» **Exercise description**
Search the entries for the line containing "text.parse::<u32>().ok()". Repeat it, then every line after it, exactly through the final line.

» **Records shown**
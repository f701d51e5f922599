//! One declarator of a declaration at file scope, with its initialiser.
ghost use Rattle.std.specs.Prelude.{◌≡◌, MatchResult, IfOk};
ghost use Rattle.im_ctree.specs.Tree as t;
ghost use Rattle.im_rules.specs.UnitBreaks.{some_declared};
ghost use Rattle.im_ctree_parts.specs.Lists.{list_from};
ghost use Rattle.im_check_type_specifiers.specs.Specified.{qualified_of};
ghost use Rattle.im_check_file_place.specs.Files.{file_place_of};
ghost use Rattle.im_check_file_specifiers.specs.Answers.{IsFileFault};
ghost use Rattle.im_check_file_declarations.specs.Steps.{GoesOnDeclared, with_declarator};

use crate::entered::{entered, read};
use crate::first::given;
use im_check_defined::FirstValues;
use im_check_file_place::File;
use im_check_stop::Stop;
use im_check_type_specifiers::Qualified;
use im_ctree::{InitDeclarator, Specifier};
use im_num::NoMemory;
use im_types::copy;
use std::alloc::Global;

fn once_more(alloc: Global, q: &Qualified) -> Result<Qualified, NoMemory>
    ensures { IfOk result (λ r. qualified_of r ≡ qualified_of q.now) }
{
    Ok(Qualified {
        constant: q.constant,
        ty: copy(alloc, &q.ty)?,
    })
}

/// Declares what a declarator declares, of the type that its specifiers name, and adds what its
/// initialiser gives.
pub(crate) fn one_declared(
    alloc: Global,
    specifiers: &[Specifier],
    q: &Qualified,
    x: &InitDeclarator,
    file: &mut File,
    firsts: &mut Vec<FirstValues>,
) -> Result<(), Stop>
    ensures { (rest : t.InitDeclarators) → let xs = list_from specifiers.now in
        let all = with_declarator x.now rest in MatchResult result
        (λ _. GoesOnDeclared xs (qualified_of q.now) (file_place_of file.old) all firsts.old.items
        firsts.new.items rest (file_place_of file.new))
        (IsFileFault (file_place_of file.old) (some_declared xs (qualified_of q.now) all)) }
{
    let each = once_more(alloc, q)?;
    let y = read(alloc, each, &x.declarator, file)?;
    let ty = entered(alloc, specifiers, x.declarator.at, &y, &x.initializer, file)?;
    given(alloc, y, &ty, &x.initializer, file, firsts)
}
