//! The first values that initialisers give statics (C11 6.7.9).
ghost use Rattle.std.specs.Prelude.{◌≡◌, MatchResult};
ghost use Rattle.std.specs.Option.{option_map};
ghost use Rattle.im_ctree.specs.Shape.{initializer_of, maybe_initializer_of};
ghost use Rattle.im_ctree.specs.Tree as t;
ghost use Rattle.im_rules.specs.Statements.{name_of as name_in};
ghost use Rattle.im_types.specs.Shape.{type_of};
ghost use Rattle.im_check_declarators.specs.Shape.{declared_of};
ghost use Rattle.im_check_file_place.specs.Files.{file_place_of};
ghost use Rattle.im_check_defined.specs.Values.{first_values_of};
ghost use Rattle.im_check_file_declarations.specs.Steps.{IsFirst, IsFirstFault, MayAdd};

use crate::values::values;
use im_check_declarators::Declared;
use im_check_defined::FirstValues;
use im_check_file_place::File;
use im_check_initialisers::initialised;
use im_check_stop::Stop;
use im_check_texts::append_given;
use im_ctree::{Initializer, Name};
use im_types::Type;
use std::alloc::Global;

/// A name, empty where there is none.
fn named(alloc: Global, name: Option<Name>) -> Name
    ensures { result.items ≡ name_in (option_map (λ x. x.items) name) }
{
    match name {
        Some(x) => x,
        None => Vec::new(alloc),
    }
}

/// What an initialiser gives the static of that name and type.
fn given_by(
    alloc: Global,
    name: Name,
    ty: &Type,
    i: &Initializer,
    file: &mut File,
) -> Result<FirstValues, Stop>
    ensures { let p = file_place_of file.old in let a = type_of ty.now in
        let given = initializer_of i.now in MatchResult result
        (λ g. IsFirst p name.items a given (first_values_of g) (file_place_of file.new))
        (IsFirstFault p a (t.an_initializer given)) }
{
    let mut items = Vec::new(alloc);
    initialised(alloc, ty, 0, i, &mut file.place, &mut items)?;
    append_given(alloc, file.place.structs.table(), ty, i, &mut file.texts)?;
    let values = values(alloc, ty, items, file)?;
    Ok(FirstValues { name, values })
}

/// Adds what an initialiser gives a static of that type, if there is one.
pub(crate) fn given(
    alloc: Global,
    y: Declared,
    ty: &Type,
    initializer: &Option<Initializer>,
    file: &mut File,
    firsts: &mut Vec<FirstValues>,
) -> Result<(), Stop>
    ensures { let p = file_place_of file.old in let a = type_of ty.now in
        let i = maybe_initializer_of initializer.now in MatchResult result
        (λ _. MayAdd p (name_in (declared_of y).name) a i firsts.old.items firsts.new.items
        (file_place_of file.new))
        (IsFirstFault p a i) }
{
    match initializer {
        None => Ok(()),
        Some(i) => {
            let name = named(alloc, y.name);
            let g = given_by(alloc, name, ty, i, file)?;
            firsts.push(g)?;
            Ok(())
        }
    }
}
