ghost use Rattle.std.specs.Prelude.{◌≡◌};
ghost use Rattle.im_cmd_words.specs.Numbers.{number_between, plain_number, starts_plainly};

/// Whether the text is `0` or begins with one of the digits 1 to 9.
fn starts_plainly(text: &str) -> bool
    ensures { result ≡ starts_plainly text.now }
{
    text == "0" || matches!(text.as_bytes().first(), Some(b'1'..=b'9'))
}

/// The number that decimal digits write with no sign and no zero before them.
pub(crate) fn plain_number(text: &str) -> Option<u32>
    ensures { result ≡ plain_number text.now }
{
    if !starts_plainly(text) {
        return None;
    }
    text.parse::<u32>().ok()
}

/// The number in these bounds that decimal digits write with no sign and no zero before them.
pub(crate) fn number_between(text: &str, least: u32, most: u32) -> Option<u32>
    ensures { result ≡ number_between least most text.now }
{
    let number = plain_number(text)?;
    if number < least || most < number {
        return None;
    }
    Some(number)
}
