// The words of the command line, read as the command that they name.
#![tactic(auto)]

mod command;
mod fault;
mod laws;
mod matched;
mod number;
mod table;
mod words;

pub use command::{BuildOptions, Command, EvalOptions, RunOptions};
pub use fault::WordsFault;
pub use laws::{
    building_law, evaluation_law, faultless_law, files_law, generation_law, memories_law,
    options_law, words_refused_law, words_taken_law,
};
pub use words::read_words;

» **Output**
    text.parse::<u32>().ok()
}

/// The number in these bounds that decimal digits write with no sign and no zero before them.
pub(crate) fn number_between(text: &str, least: u32, most: u32) -> Option<u32>
    ensures { result ≡ number_between least most text.now }
{
    let number = plain_number(text)?;
    if number < least || most < number {
        return None;
    }
    Some(number)
}
// The words of the command line, read as the command that they name.
#![tactic(auto)]

mod command;
mod fault;
mod laws;
mod matched;
mod number;
mod table;
mod words;

pub use command::{BuildOptions, Command, EvalOptions, RunOptions};
pub use fault::WordsFault;
pub use laws::{
    building_law, evaluation_law, faultless_law, files_law, generation_law, memories_law,
    options_law, words_refused_law, words_taken_law,
};
pub use words::read_words;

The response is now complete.